Debugging 1.#IND, 1.#INF, nan, and inf
If your operation would generate a larger positive number than could be stored in a double, the operation will return 1.#INF on Windows or inf on Linux. Similarly your code will return -1.#INF or -inf if the result would be a negative number too large to store in a double. Dividing a positive number by zero produces a positive infinity and dividing a negative number by zero produces a negative infinity. Example code at the end of this page will demonstrate some operations that produce infinities.
Some operations don't make mathematical sense, such as taking the square root of a negative number. (Yes, this operation makes sense in the context of complex numbers, but a double represents a real number and so there is no double to represent the result.) The same is true for logarithms of negative numbers. Both sqrt(-1.0) and log(-1.0) would return a NaN, the generic term for a "number" that is "not a number". Windows displays a NaN as -1.#IND ("IND" for "indeterminate") while Linux displays nan. Other operations that would return a NaN include 0/0, 0*∞, and ∞/∞. See the sample code below for examples.

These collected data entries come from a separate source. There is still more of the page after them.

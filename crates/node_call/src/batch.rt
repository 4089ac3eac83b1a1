//! A batch: writes that are all made, or none.

ghost use Rattle.std.specs.Prelude.{◌≡◌, ◌⊎◌, ◌≤◌, ◌++◌, ◌∷◌, ℕ, [], length, take, Err, IsOk, IfOk, IfErr, OnOk, OnErr};
ghost use Rattle.meta_store.specs.Table.{IsTable};
ghost use Rattle.node_core.specs.Savepoint.{CanRollBack, as_saved};
ghost use Rattle.node_call.specs.Batch.{HasRoomFor, IsBatch, IsRefusedAt, Keeps, entries_of};
ghost use Rattle.node_call.specs.declared.batch.BatchRefusal.TheVariants as refusals;
ghost use Rattle.node_call.specs.declared.fault.LockFault.{LockFault};
ghost use Rattle.node_call.specs.declared.fault.LockFault.TheVariants.{Memory};

use crate::fault::LockFault;
use crate::making::make_write;
use crate::write::Write;
use meta_types::NodeId;
use node_core::{NodeState, Savepoint};
use node_journal::{Entry, Receipt};
use node_readers::Published;
use std::alloc::{AllocError, Global};

/// Why a batch was refused.
#[derive(Debug, Drop)]
pub enum BatchRefusal {
    /// It has more than [`node_file::MAX_BATCH`] writes.
    TooMany,
    /// The write at this place, counted from 0, is the first that is refused.
    Write { place: usize, fault: LockFault },
    /// It isn't refused at one write: 34 `Stopped`, 30 `Device` or 99 `Memory`.
    Node(LockFault),
}

impl From<AllocError> for BatchRefusal {
    ghost from_gives = { λ _ refusal. refusal ≡ refusals.Node Memory };

    fn from(_error: AllocError) -> Self {
        BatchRefusal::Node(LockFault::Memory)
    }
}

/// What is ready of a batch: the receipts to be handed out, and what they publish, in order.
#[derive(Drop)]
pub struct Batch {
    pub receipts: Vec<Receipt>,
    pub changes: Vec<Published>,
}

impl Batch {
    pub fn new(alloc: Global) -> Batch
        ensures receipts { result.receipts.items ≡ [] }
        ensures changes { result.changes.items ≡ [] }
    {
        Batch {
            receipts: Vec::new(alloc),
            changes: Vec::new(alloc),
        }
    }

    /// Takes what it publishes, which is then gone.
    pub fn take_changes(&mut self, alloc: Global) -> Vec<Published>
        ensures changes { result.items ≡ self.old.changes.items }
        ensures receipts { self.new.receipts ≡ self.old.receipts }
    {
        std::mem::replace(&mut self.changes, Vec::new(alloc))
    }

    fn push(&mut self, receipt: Receipt, change: Published) -> Result<(), AllocError>
        ensures receipts { OnOk result
            (self.new.receipts.items ≡ self.old.receipts.items ++ receipt ∷ []) }
        ensures changes { OnOk result
            (self.new.changes.items ≡ self.old.changes.items ++ change ∷ []) }
    {
        self.receipts.push(receipt)?;
        self.changes.push(change)?;
        Ok(())
    }
}

/// Makes the writes one after another, since the savepoint, puts their entries behind the journal,
/// and copies of them, with what they publish, into the batch. If one is refused, the state is
/// where the refused one left it, and the journal goes on with the entries of those before.
///
/// Refused as the first write that is: as `NodeState::step` is; 51 `JournalFull`. 99 `Memory` may
/// come at any time.
pub fn make_all(
    state: &mut NodeState,
    savepoint: &mut Savepoint,
    journal: &mut Vec<Entry>,
    limit: usize,
    writes: Vec<Write>,
    batch: &mut Batch,
) -> Result<(), BatchRefusal>
    requires can { CanRollBack savepoint.old state.old }
    requires empty { (batch.old.receipts.items ≡ []) × (batch.old.changes.items ≡ []) }
    requires lawful { IsTable state.old.table }
    ensures made { OnOk result (IsBatch state.old writes.items batch.new.receipts.items
        batch.new.changes.items state.new) }
    ensures journal { OnOk result
        (journal.new.items ≡ journal.old.items ++ entries_of batch.new.receipts.items) }
    ensures room { OnOk result
        (HasRoomFor limit (length journal.old.items) state.old writes.items) }
    ensures refused { IfErr result (λ r. (place : ℕ) × (fault : LockFault)
        × (r ≡ refusals.Write place fault)
        × IsRefusedAt place state.old writes.items limit (length journal.old.items) fault) }
    ensures front { take (length journal.old.items) journal.new.items ≡ journal.old.items }
    ensures can { CanRollBack savepoint.new state.new }
    ensures back { as_saved savepoint.new state.new ≡ as_saved savepoint.old state.old }
{
    for write in writes {
        let place = batch.receipts.len();
        let (node, step) = (state.node(), state.steps());
        let made = make_write(state, savepoint, journal, limit, write);
        if let Err(fault) = keep(batch, node, step, made) {
            return Err(BatchRefusal::Write { place, fault });
        }
    }
    Ok(())
}

/// Puts what a write made into the batch, if it was made: the receipt of its entry, which stands at
/// this place, and what it published.
fn keep(
    batch: &mut Batch,
    node: NodeId,
    place: u64,
    made: Result<(Entry, Published), LockFault>,
) -> Result<(), LockFault>
    ensures kept { OnOk result (IfOk made (λ m. Keeps batch.old batch.new
        (record { node = node; place = place; entry = m.0 }) m.1)) }
    ensures ok { OnOk result (IsOk made) }
    ensures refused { IfErr result (λ fault. (made ≡ Err fault) ⊎ (fault ≡ Memory)) }
{
    let (entry, change) = made?;
    batch.push(Receipt { node, place, entry }, change)?;
    Ok(())
}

In short, if you get 1.#INF or inf, look for overflow or division by zero. If you get 1.#IND or nan, look for illegal operations. Maybe you simply have a bug. If it's more subtle and you have something that is difficult to compute, see Avoiding Overflow, Underflow, and Loss of Precision. That article gives tricks for computing results that have intermediate steps overflow if computed directly.
For anyone wondering about the difference between -1.#IND00 and -1.#IND (which the question specifically asked, and none of the answers address):
-1.#IND00
This specifically means a non-zero number divided by zero, e.g. 3.14 / 0 (source)
-1.#IND (a synonym for NaN)
This means one of four things (see wiki from source):
1) sqrt or log of a negative number
2) operations where both variables are 0 or infinity, e.g. 0 / 0
3) operations where at least one variable is already NaN, e.g. NaN * 5
4) out of range trig, e.g. arcsin(2)
Your question "what are they" is already answered above.
As far as debugging (your second question) though, and in developing libraries where you want to check for special input values, you may find the following functions useful in Windows C++:
_isnan(), _isfinite(), and _fpclass()
On Linux/Unix you should find isnan(), isfinite(), isnormal(), isinf(), fpclassify() useful (and you may need to link with libm by using the compiler flag -lm).
For those of you in a .NET environment the following can be a handy way to filter non-numbers out (this example is in VB.NET, but it's probably similar in C#):
If Double.IsNaN(MyVariableName) Then
MyVariableName = 0 ' Or whatever you want to do here to "correct" the situation
End If
If you try to use a variable that has a NaN value you will get the following error:
Value was either too large or too small for a Decimal.